-- ACTION ITEM --
Lines to restate from the data below: from the one containing "fn is_late(&self, step: u64) -> bool" to the one containing "cell has one.", both included. Give them again exactly, and only them.

● ● ●

impl Fold {
    ghost use Rattle.std.specs.Prelude.{◌≢◌, ◌*◌, ◌<◌, false, Option, Some, None, IfOk, map};
    ghost use Rattle.std.specs.List.{filter};
    ghost use Rattle.case_model.specs.Runs.{calm_point};
    ghost use Rattle.case_model.specs.Samples.{Sample as Taken};
    ghost use Rattle.envelope.specs.Cells.{is_within, first_of_span, end_of_span, AreInOneSpan};
    ghost use Rattle.envelope.specs.Extremes.{IsEnvelopeOf};
    ghost use Rattle.envelope.specs.Faults.{HasFault};
    ghost use Rattle.envelope.specs.Changes.{IsKeptAt, IsSameLayout, AreJoined};
    ghost use Rattle.envelope.specs.Changes.{IsMergeable};
    ghost use Rattle.envelope.specs.Folds.{spans_of, probes_of, steps_of, every_of, Stands};
    ghost use Rattle.envelope.specs.Folds.{IsFoldOf, IsSameFold};
    ghost use Rattle.envelope.specs.Kept.{extreme_kept, fault_kept, sample_kept};
    ghost use Rattle.envelope.specs.Layout.{IsHeld, cell_in, count_of_cells};
    ghost use Rattle.envelope.specs.Lines.{sample_of, told};
    ghost use Rattle.envelope.specs.Notings.{Noting, Noted, nothing, only, noted, line_noted};
    ghost use Rattle.envelope.specs.Notings.{union, Agree, IsInside, column, sample_over, taken};
    ghost use Rattle.envelope.specs.Notings.{is_bad_noting};
    ghost use Rattle.envelope.specs.Notings.Noting.{OfPoint, OfNode};

    /// A fold of which nothing is noted. A span is a first place and a count; a probe is a place
    /// number. The error is want of memory.
    pub fn make(
        alloc: Global,
        spans: &[(u64, u64)],
        probes: &[u64],
        steps: u64,
        every: u64,
    ) -> Result<Fold, AllocError>
        requires spans { IsRising spans.now }
        requires probes { AreWithin spans.now probes.now }
        requires some { 1 ≤ every }
        requires few { length probes.now * (steps / every + 1) ≤ 4_000_000 }
        ensures given { IfOk result (λ fold. IsFoldOf spans.now probes.now steps every fold) }
        ensures stands { IfOk result (λ fold. Stands fold nothing) }
    {
        let count = count_cells(spans);
        Ok(Fold {
            spans: Vec::from_slice(alloc, spans)?,
            probes: make_probes(alloc, spans, count, probes, steps, every)?,
            steps,
            every,
            cells: blank_cells(alloc, count)?,
            fault: None,
            latest: 0,
            plain: true,
        })
    }

    /// The last step that it keeps anything of.
    pub fn steps(&self) -> u64
        ensures { result ≡ steps_of self.now }
    {
        self.steps
    }

    /// Takes in a point of a place of a pipe. A step past the last changes nothing.
    pub fn note(&mut self, step: u64, place: u64, point: &Point)
        requires { is_within (spans_of self.old) place ≡ true }
        ensures stands { (map : Noted) → Stands self.old map →
            Agree map (only step place (OfPoint point.now)) →
            Stands self.new (noted map step place (OfPoint point.now)) }
        ensures past { steps_of self.old < step → self.new ≡ self.old }
        ensures same { IsSameFold self.old self.new }
    {
        match point {
            Point::Good { h, qu, qd, v } => {
                let sample = Sample {
                    h: *h,
                    qu: *qu,
                    qd: *qd,
                    v: *v,
                };
                self.keep(step, place, &sample);
            }
            Point::Bad => self.fail(step, place),
        }
    }

    /// Takes in the points of places that follow one another, of which `first` is the first. A step
    /// past the last changes nothing.
    pub fn note_line(&mut self, step: u64, first: u64, points: &[Point])
        requires { AreInOneSpan (spans_of self.old) first (length points.now) }
        ensures stands { (map : Noted) → Stands self.old map →
            Agree map (line_noted step first points.now) →
            Stands self.new (union map (line_noted step first points.now)) }
        ensures past { steps_of self.old < step → self.new ≡ self.old }
        ensures same { IsSameFold self.old self.new }
    {
        if step <= self.steps && !points.is_empty() {
            self.note_within(step, first, points);
        }
    }

    /// Takes in points without a cavity, of places that follow one another, of which `first` is the
    /// first. A step past the last changes nothing.
    #[inline(always)]
    pub fn note_calm(&mut self, step: u64, first: u64, spots: &[Spot])
        requires { AreInOneSpan (spans_of self.old) first (length spots.now) }
        ensures stands { (noted : Noted) → Stands self.old noted →
            Agree noted (line_noted step first (map calm_point spots.now)) →
            Stands self.new (union noted (line_noted step first (map calm_point spots.now))) }
        ensures past { steps_of self.old < step → self.new ≡ self.old }
        ensures same { IsSameFold self.old self.new }
    {
        if step <= self.steps && !spots.is_empty() {
            self.note_spots(step, first, spots);
        }
    }

    /// Takes in a node's state. A step past the last changes nothing.
    #[inline(always)]
    pub fn note_node(&mut self, step: u64, place: u64, state: &NodeState)
        requires { is_within (spans_of self.old) place ≡ true }
        ensures stands { (map : Noted) → Stands self.old map →
            Agree map (only step place (OfNode state.now)) →
            Stands self.new (noted map step place (OfNode state.now)) }
        ensures past { steps_of self.old < step → self.new ≡ self.old }
        ensures same { IsSameFold self.old self.new }
    {
        match state {
            NodeState::Good { h, v, g } => {
                let sample = Sample {
                    h: *h,
                    qu: 0,
                    qd: *g,
                    v: *v,
                };
                self.keep(step, place, &sample);
            }
            NodeState::Bad => self.fail(step, place),
        }
    }

    /// Takes in what another fold kept of places that are this fold's too.
    pub fn merge(&mut self, other: &Fold)
        requires spans { (k : ℕ) → is_within (spans_of other.now) k ≡ true →
            is_within (spans_of self.old) k ≡ true }
        requires probes { probes_of other.now
            ≡ filter (is_within (spans_of other.now)) (probes_of self.old) }
        requires steps { steps_of other.now ≡ steps_of self.old }
        requires every { every_of other.now ≡ every_of self.old }
        ensures stands { (map more : Noted) → Stands self.old map → Stands other.now more →
            Agree map more → IsInside (spans_of other.now) more → Stands self.new (union map more) }
        ensures same { IsSameFold self.old self.new }
    {
        for index in 0..other.spans.len() {
            self.merge_span(other, index);
        }
        self.fault = earlier(self.fault, other.fault);
    }

    /// The first fault: the least step, and of it the least place, at which Bad was noted.
    #[tactic(auto, unfolding(crate::specs::Kept::fault_kept))]
    pub fn fault(&self) -> Option<(u64, u64)>
        ensures kept { result ≡ fault_kept self.now }
        ensures first { (map : Noted) → Stands self.now map →
            HasFault (spans_of self.now) (steps_of self.now) map result }
    {
        self.fault
    }

    /// The envelope of a place, where a Good point of it was noted at a step up to the last.
    #[tactic(auto, unfolding(crate::specs::Kept::extreme_kept))]
    pub fn extreme(&self, place: u64) -> Extreme
        requires { is_within (spans_of self.now) place ≡ true }
        ensures kept { result ≡ extreme_kept self.now place }
        ensures envelope { (map : Noted) (step : ℕ) → Stands self.now map →
            step ≤ steps_of self.now → taken (map step place) ≢ None →
            IsEnvelopeOf (column map place) (steps_of self.now) result }
    {
        let cell = find_cell(&self.spans, place);
        self.cells[cell]
    }

    /// The sample of a probe at a step. None where no Good point was noted there, the step is no
    /// multiple of `every`, or it is past the last.
    #[tactic(auto, unfolding(crate::specs::Kept::sample_kept))]
    pub fn sample(&self, probe: u32, step: u64) -> Option<Sample>
        requires { probe < length (probes_of self.now) }
        ensures kept { told result ≡ sample_kept self.now probe step }
        ensures sampled { (map : Noted) → Stands self.now map →
            told result
            ≡ sample_over map (every_of self.now) (steps_of self.now)
            (slice_index (probes_of self.now) probe) step }
    {
        if step > self.steps || step % self.every != 0 {
            return None;
        }
        probed_sample(
            &self.probes,
            &self.spans,
            probe,
            (step / self.every) as usize,
        )
    }

    /// Takes in a line that has a point, at a step up to the last. The cells of a line follow one
    /// another.
    fn note_within(&mut self, step: u64, first: u64, points: &[Point])
        requires step { step ≤ steps_of self.old }
        requires some { 0 < length points.now }
        requires span { AreInOneSpan (spans_of self.old) first (length points.now) }
        ensures stands { (map : Noted) → IsHeld self.old map →
            Agree map (line_noted step first points.now) →
            IsHeld self.new (union map (line_noted step first points.now)) }
        ensures same { IsSameFold self.old self.new }
    {
        let cell = self.cell(first);
        for (i, point) in points.iter().enumerate() {
            self.note_in(cell + i, step, first + i as u64, point);
        }
    }

    /// Takes in points without a cavity, one at least, at a step up to the last. Mostly they change
    /// nothing, so the cells are looked at in a loop of their own.
    #[inline(always)]
    fn note_spots(&mut self, step: u64, first: u64, spots: &[Spot])
        requires step { step ≤ steps_of self.old }
        requires some { 0 < length spots.now }
        requires span { AreInOneSpan (spans_of self.old) first (length spots.now) }
        ensures stands { (noted : Noted) → IsHeld self.old noted →
            Agree noted (line_noted step first (map calm_point spots.now)) →
            IsHeld self.new (union noted (line_noted step first (map calm_point spots.now))) }
        ensures same { IsSameFold self.old self.new }
    {
        let cell = self.cell(first);
        let late = self.is_late(step);
        join_spots(&mut self.cells, late, cell, step, spots);
        self.latest = self.latest.max(step);
        if self.probes.is_some() {
            keep_spots(&mut self.probes, cell, step, self.every, spots);
        }
    }

    /// Takes in a point of the place that a cell belongs to, at a step up to the last.
    fn note_in(&mut self, cell: usize, step: u64, place: u64, point: &Point)
        requires step { step ≤ steps_of self.old }
        requires place { is_within (spans_of self.old) place ≡ true }
        requires cell { cell ≡ cell_in self.old place }
        requires inside { cell < count_of_cells self.old }
        ensures stands { (map : Noted) → IsHeld self.old map →
            Agree map (only step place (OfPoint point.now)) →
            IsHeld self.new (noted map step place (OfPoint point.now)) }
        ensures cells { IsSameFold self.old self.new }
    {
        match point {
            Point::Good { h, qu, qd, v } => {
                let sample = Sample {
                    h: *h,
                    qu: *qu,
                    qd: *qd,
                    v: *v,
                };
                self.keep_within(cell, step, &sample);
            }
            Point::Bad => self.fail(step, place),
        }
    }

    #[inline(always)]
    fn keep(&mut self, step: u64, place: u64, sample: &Sample)
        requires { is_within (spans_of self.old) place ≡ true }
        ensures stands { (map : Noted) (noting : Noting) →
            taken (Some noting) ≡ told (Some sample.now) → is_bad_noting (Some noting) ≡ false →
            IsHeld self.old map → Agree map (only step place noting) →
            IsHeld self.new (noted map step place noting) }
        ensures past { steps_of self.old < step → self.new ≡ self.old }
        ensures same { IsSameFold self.old self.new }
    {
        if step <= self.steps {
            let cell = self.cell(place);
            self.keep_within(cell, step, sample);
        }
    }

    fn cell(&self, place: u64) -> usize
        requires { is_within (spans_of self.now) place ≡ true }
        ensures cell { result ≡ cell_in self.now place }
        ensures inside { result < count_of_cells self.now }
    {
        find_cell(&self.spans, place)
    }

    // Whether it is known that no extreme stands first at a later step.
    fn is_late(&self, step: u64) -> bool
        ensures { result ≡ true → ArePlain step self.now.cells.items }
    {
        self.plain && self.latest <= step
    }

    /// Keeps a sample in a cell, and in the line of samples where the cell has one.
    #[inline(always)]
    fn keep_within(&mut self, cell: usize, step: u64, sample: &Sample)
        requires cell { cell < count_of_cells self.old }
        requires step { step ≤ steps_of self.old }
        ensures kept { (place : ℕ) → is_within (spans_of self.old) place ≡ true →
            cell ≡ cell_in self.old place →
            IsKeptAt self.old self.new step place (sample_of sample.now) }
        ensures layout { IsSameLayout self.old self.new }
    {
        let late = self.is_late(step);
        join_sample(&mut self.cells, cell, late, step, sample);
        self.latest = self.latest.max(step);
        self.plain = is_still_plain(self.plain, sample.v);
        keep_probed(&mut self.probes, cell, step, self.every, sample);
    }

    fn fail(&mut self, step: u64, place: u64)
        requires { is_within (spans_of self.old) place ≡ true }
        ensures stands { (map : Noted) (noting : Noting) → taken (Some noting) ≡ None →
            is_bad_noting (Some noting) ≡ true → IsHeld self.old map →
            Agree map (only step place noting) → IsHeld self.new (noted map step place noting) }
        ensures past { steps_of self.old < step → self.new ≡ self.old }
        ensures cells { IsSameFold self.old self.new }
    {
        let last = self.steps;
        if step <= last {
            self.fault = earlier(self.fault, Some((step, place)));
        }
    }

    /// Takes in the places of one span of another fold.
    fn merge_span(&mut self, other: &Fold, index: usize)
        requires mergeable { IsMergeable self.old other.now }
        requires there { index < length (spans_of other.now) }
        ensures { AreJoined self.old other.now self.new (first_of_span (spans_of other.now) index)
            (end_of_span (spans_of other.now) index) }
    {
        let (first, count) = other.spans[index];
        for place in first..first + count {
            self.merge_place(other, place);
        }
    }

    fn merge_place(&mut self, other: &Fold, place: u64)
        requires mergeable { IsMergeable self.old other.now }
        requires within { is_within (spans_of other.now) place ≡ true }
        ensures { AreJoined self.old other.now self.new place (place + 1) }
    {
        let cell = find_cell(&self.spans, place);
        let from = find_cell(&other.spans, place);
        join_cell(&mut self.cells, cell, &other.cells[from]);
        self.latest = self.latest.max(other.latest);
        self.plain = are_plain(self.plain, other.plain);
        join_probed(&mut self.probes, cell, &other.probes, from);
    }
}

● ● ●

-- OUTPUT --
    fn is_late(&self, step: u64) -> bool
        ensures { result ≡ true → ArePlain step self.now.cells.items }
    {
        self.plain && self.latest <= step
    }

    /// Keeps a sample in a cell, and in the line of samples where the cell has one.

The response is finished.